Reputation: 7124
I have this text file: http://henke.lbl.gov/tmp/xray6286.dat
In which I would like to pull out the energy and transmission columns.
Unfortunately it doesn't have a clear delimiter - the words are separated by a series of spaces.
Running something like
with open('xray6286.dat', 'U') as data:
reader = csv.reader(data, delimiter=' ')
for line in reader:
print line
would result in an output like:
['', 'Cu', 'Density=8.96', 'Thickness=100.', 'microns']
['', 'Photon', 'Energy', '(eV),', 'Transmission']
['', '', '', '', '5000.0', '', '', '', '', '', '0.52272E-07']
['', '', '', '', '5250.0', '', '', '', '', '', '0.42227E-06']
['', '', '', '', '5500.0', '', '', '', '', '', '0.24383E-05']

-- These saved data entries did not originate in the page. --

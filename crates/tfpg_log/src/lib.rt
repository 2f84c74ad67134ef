//! The log of alarms, silences and mode changes, and what it means for a trace to explain it.
//!
//! - [`Log`] is the log of accepted lines, with its look-ups. It is offered lines, or takes events that may come next.
//! - [`Event`] is what a line of the log says, once it is accepted, and [`Offered`] what becomes of a line.
//! - [`append_event`] writes the line of an event.
//! - [`Interval`] has the instants that an alarm leaves for the activation of its node.
//! - [`Refusal`] says why a line is refused, and [`RefusedLine`] also that it is too long, as [`is_too_long`] says.
//! - [`MAX_EVENTS`] and [`MAX_MODE_CHANGES`] say how much a log may have.
//! - [`Span`] is a run of instants of one mode, and [`Window`] a run of spans in which an edge is active.
//! - [`laws`] has what the definitions come to: what ages, spans and windows are in other words, how ages follow from
//!   windows, which events a node's alarm and its last silence are, that what is shown of these is what is looked up, that
//!   nothing becomes active outside a set's reach, that a larger set explains what a smaller one does, and that a log keeps
//!   its past.
//!
//! Its definitions, in `specs/`, are those that every crate above stands on: the mode of an instant, the age of an
//! edge, the propagation rules, and which sets of failure modes fit the log.
//!
//! ```
//! let mut log = Log::new(rt.alloc());
//! log.offer(&graph, b"5 sweep")?; // Offered::Accepted(Event::Sweep { time: 5 })
//! log.offer(&graph, b"4 tick")?; // Offered::Refused(Refusal::TimeBack { last: 5 })
//! log.now(); // 5
//! ```
//!
//! # Proved, and by which clause
//!
//! - A line is accepted or refused as `reply_to` says: `Log::offer`.
//! - What the definitions find as spans, windows and ages are the maximal runs and the greatest ages: its laws.
//!
//! # Not proved
//!
//! - That `reply_to` is the right rule.
//! - It is a definition, held against worked examples.
#![tactic(auto)]

mod active_modes;
mod event;
mod event_line;
mod interval;
pub mod laws;
mod limits;
mod log;
mod log_line;
mod mode_change;
mod node_events;
mod refusal;
mod refused_line;
mod reply;
mod span;
mod spans;
mod windows;

pub use event::{Event, Offered};
pub use event_line::append_event;
pub use interval::Interval;
pub use limits::{MAX_EVENTS, MAX_MODE_CHANGES};
pub use log::Log;
pub use refusal::Refusal;
pub use refused_line::{RefusedLine, is_too_long};
pub use span::{Span, Window};
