//! What came last in a session, as numbers.

ghost use Rattle.std.specs.Prelude.{◌≡◌, if◌then◌else◌};
ghost use Rattle.tfpg_embed.specs.Results.{counts_in, last_time, now_in, number_of_round, refusal_number, refused_number, result_numbers, time_of_refusal, why_number};

use tfpg_diagnose::{Latest, Session};
use tfpg_evidence::Counts;
use tfpg_log::{Refusal, RefusedLine};

/// What the last line brought, and the numbers of the last round. Before the first line all of them are 0.
#[repr(C)]
#[derive(Clone, Copy, PartialEq, Eq)]
pub struct TfpgResult {
    /// Why the last line was refused, as a number from 1 in the order of [`Refusal`], and 10 for a line that is too long; 0 if it was not.
    pub refusal: u32,
    /// 1 if the last line brought a round that ranks other hypotheses than the round before it, or in another order, and else 0.
    pub changed: u32,
    /// The number of the last line, from 1.
    pub line: u64,
    /// If the last line was refused since its time was before that of the last event, that time in milliseconds, and else 0.
    pub last: u64,
    /// The number of the last round, from 1.
    pub round: u64,
    /// The time of its event in milliseconds.
    pub now: u64,
    /// How many hypotheses it ranks.
    pub ranked: u32,
    /// How many are covered.
    pub covered: u32,
    /// How many are rejected.
    pub rejected: u32,
    /// How many are open.
    pub unsettled: u32,
}

/// The numbers of what came last in a session.
pub(crate) fn result_of(session: &Session) -> TfpgResult
    ensures { result ≡ result_numbers session.now }
{
    let latest = session.latest();
    let counts = counts_in(latest);
    TfpgResult {
        refusal: why_number(latest.refusal),
        changed: flag(latest.is_changed),
        line: session.line_count(),
        last: last_time(latest.refusal),
        round: u64::from(number_in(latest)),
        now: now_in(latest),
        ranked: counts.ranked,
        covered: counts.covered,
        rejected: counts.rejected,
        unsettled: counts.unsettled,
    }
}

/// 1 for what holds, and 0 for what does not.
fn flag(holds: bool) -> u32
    ensures { result ≡ (if holds then 1 else 0) }
{
    if holds { 1 } else { 0 }
}

/// The number of why a line was refused, 0 if it was not.
fn why_number(refusal: Option<RefusedLine>) -> u32
    ensures { result ≡ why_number refusal }
{
    match refusal {
        None => 0,
        Some(why) => refused_number(why),
    }
}

/// The number of why a line was refused.
fn refused_number(why: RefusedLine) -> u32
    ensures { result ≡ refused_number why }
{
    match why {
        RefusedLine::TooLong => 10,
        RefusedLine::Offer(refusal) => refusal_number(refusal),
    }
}

/// The number of why a log refuses a line.
fn refusal_number(refusal: Refusal) -> u32
    ensures { result ≡ refusal_number refusal }
{
    match refusal {
        Refusal::BadLine => 1,
        Refusal::BadNumber => 2,
        Refusal::TimeTooLarge => 3,
        Refusal::TimeBack { last: _ } => 4,
        Refusal::UnknownName => 5,
        Refusal::NotMonitored => 6,
        Refusal::NotAMode => 7,
        Refusal::LogFull => 8,
        Refusal::ModesFull => 9,
    }
}

/// The time that goes with why a line was refused, in milliseconds, 0 if none does.
fn last_time(refusal: Option<RefusedLine>) -> u64
    ensures { result ≡ last_time refusal }
{
    match refusal {
        None => 0,
        Some(RefusedLine::TooLong) => 0,
        Some(RefusedLine::Offer(refusal)) => time_of_refusal(refusal),
    }
}

/// The time that goes with a refusal, in milliseconds, 0 if none does.
fn time_of_refusal(refusal: Refusal) -> u64
    ensures { result ≡ time_of_refusal refusal }
{
    match refusal {
        Refusal::TimeBack { last } => last,
        Refusal::BadLine => 0,
        Refusal::BadNumber => 0,
        Refusal::TimeTooLarge => 0,
        Refusal::UnknownName => 0,
        Refusal::NotMonitored => 0,
        Refusal::NotAMode => 0,
        Refusal::LogFull => 0,
        Refusal::ModesFull => 0,
    }
}

/// The number of the last round, 0 if there is none.
fn number_in(latest: &Latest) -> u32
    ensures { result ≡ number_of_round latest.now.round }
{
    match &latest.round {
        Some(round) => round.number,
        None => 0,
    }
}

/// The time of its event in milliseconds.
fn now_in(latest: &Latest) -> u64
    ensures { result ≡ now_in latest.now.round }
{
    match &latest.round {
        Some(round) => round.now,
        None => 0,
    }
}

/// Its counts.
fn counts_in(latest: &Latest) -> Counts
    ensures { result ≡ counts_in latest.now.round }
{
    match &latest.round {
        Some(round) => round.counts,
        None => Counts {
            ranked: 0,
            covered: 0,
            rejected: 0,
            unsettled: 0,
        },
    }
}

I can brute force it to give me the values I want with the following code:
import csv
energy = []
transmission = []
with open('xray6286.dat', 'U') as data:
reader = csv.reader(data, delimiter='\n')
for line in reader:
if reader.line_num > 2:
cleaned_line = []
for word in line[0].split(' '):
if word:
cleaned_line.append(word)
energy.append(cleaned_line[0])
transmission.append(cleaned_line[1])
But I was wondering if someone knew a more ..eloquent.. way for achieving this?
Upvotes: 2
Views: 1059
Reputation: 7124
The regex split method can separate the datapoints based on an arbitrary number of spaces.
import re
for word in re.split(r'\s+', line):
print word
Upvotes: 0
Reputation: 5708
You can store the results in a data structure then itterate through it and delete the null entries. @alfasin suggested the best idea though, which is to use filter
Upvotes: 0
Reputation: 53525
Using if word:
is perfectly fine. Another option would be to filter
out the nulls by replacing:
for word in line[0].split(' '):
with:
for word in filter(bool, line[0].split(' ')):
Upvotes: 1